** Your task **
The answer must be an exact reproduction of the lines from the start of the records below through the line containing "(λ codes. vec_len", and nothing more.

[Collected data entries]
--------------------------------------------------
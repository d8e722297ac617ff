ghost use Rattle.std.specs.Prelude.{◌≡◌, ◌^◌, ◌<◌, ◌≤◌, All, IfOk, length, vec_len};

use im_bits::{Bits, words_for};
use std::alloc::Global;
use std::test::Fail;

/// Codes of a width, of which no two side by side are the same where it has more than one code.
fn codes_of(alloc: Global, width: u32, count: u32) -> Result<Vec<u32>, Fail>
    requires { width ≤ 32 }
    ensures few { IfOk result (λ codes. vec_len codes ≡ count) }
    ensures fit { IfOk result (λ codes. All (λ code. code < 2 ^ width) codes.items) }
{
    let mut codes = Vec::new(alloc);
    for i in 0..count {
        codes.push((u64::from(i.wrapping_mul(2_654_435_761)) % (1u64 << width)) as u32)?;
    }
    Ok(codes)
}

/// Packed codes, at the second try where memory runs out at the first.
fn packed(alloc: Global, codes: &[u32], width: u32) -> Result<Bits, Fail>
    requires width { width ≤ 32 }
    requires few { length codes.now < 2 ^ 31 }
    requires fit { All (λ code. code < 2 ^ width) codes.now }
    ensures { IfOk result (λ bits. bits ≡ record { width = width; codes = codes.now }) }
{
    if let Ok(bits) = Bits::pack(alloc, codes, width) {
        return Ok(bits);
    }
    Ok(Bits::pack(alloc, codes, width)?)
}

/// Whether packing these codes and reading each gives them back, in as many words as they fill.
fn round_trips(alloc: Global, codes: &[u32], width: u32) -> Result<bool, Fail>
    requires width { width ≤ 32 }
    requires few { length codes.now < 2 ^ 31 }
    requires fit { All (λ code. code < 2 ^ width) codes.now }
{
    let bits = packed(alloc, codes, width)?;
    for i in 0..codes.len() {
        if bits.get(i as u64) != codes[i] {
            return Ok(false);
        }
    }
    let words = words_for(bits.len(), bits.width());
    Ok(bits.len() == codes.len() as u64 && bits.words().len() as u64 == words)
}

/// Whether unpacking from a place on gives the codes there, and 0 past the last one.
fn unpacks(bits: &Bits, codes: &[u32], first: usize) -> bool {
    if first as u64 > bits.len() {
        return false;
    }
    let mut out = [7; 64];
    bits.codes_from(first as u64, &mut out);
    (0..64).all(|k| out[k] == codes.get(first.wrapping_add(k)).copied().unwrap_or(0))
}

#[test]
fn what_was_packed_is_read_back_at_every_width_round_the_ends_of_words(
    rt: HostRuntime,
) -> Result<(), Fail> {
    let alloc = rt.alloc();
    for width in 0..33 {
        let share = if width == 0 { 64 } else { 64 / width };
        for count in 0..2 * share + 2 {
            let codes = codes_of(alloc, width, count)?;
            assert!(rt; round_trips(alloc, codes.as_slice(), width)?);
        }
    }
    Ok(())
}

#[test]
fn codes_of_every_width_are_unpacked_from_every_place(rt: HostRuntime) -> Result<(), Fail> {
    let alloc = rt.alloc();
    for width in 0..33 {
        let codes = codes_of(alloc, width, 200)?;
        let bits = packed(alloc, codes.as_slice(), width)?;
        for first in 0..201 {
            assert!(rt;
                unpacks(&bits, codes.as_slice(), first),
                "width {width} from {first}"
            );
        }
    }
    Ok(())
}

#[test]
fn the_first_code_stands_in_the_lowest_bits(rt: HostRuntime) -> Result<(), Fail> {
    let bits = packed(rt.alloc(), &[1, 2, 3, 0], 2)?;
    assert!(rt; bits.words().len() == 1 && bits.words().first() == Some(&57));
    Ok(())
}

#[test]
fn words_hold_whole_codes_alone(rt: HostRuntime) {
    assert!(rt; words_for(0, 7) == 0 && words_for(9, 7) == 1 && words_for(10, 7) == 2);
    assert!(rt; words_for(1000, 0) == 0 && words_for(64, 1) == 1 && words_for(65, 1) == 2);
    assert!(rt; words_for(3, 31) == 2 && words_for(3, 32) == 2);
    assert!(rt; words_for(4_294_967_295, 32) == 2_147_483_648);
}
--------------------------------------------------
** Written solution **
repository d8e722297ac617ff
ghost use Rattle.std.specs.Prelude.{◌≡◌, ◌^◌, ◌<◌, ◌≤◌, All, IfOk, length, vec_len};

use im_bits::{Bits, words_for};
use std::alloc::Global;
use std::test::Fail;

/// Codes of a width, of which no two side by side are the same where it has more than one code.
fn codes_of(alloc: Global, width: u32, count: u32) -> Result<Vec<u32>, Fail>
    requires { width ≤ 32 }
    ensures few { IfOk result (λ codes. vec_len codes ≡ count) }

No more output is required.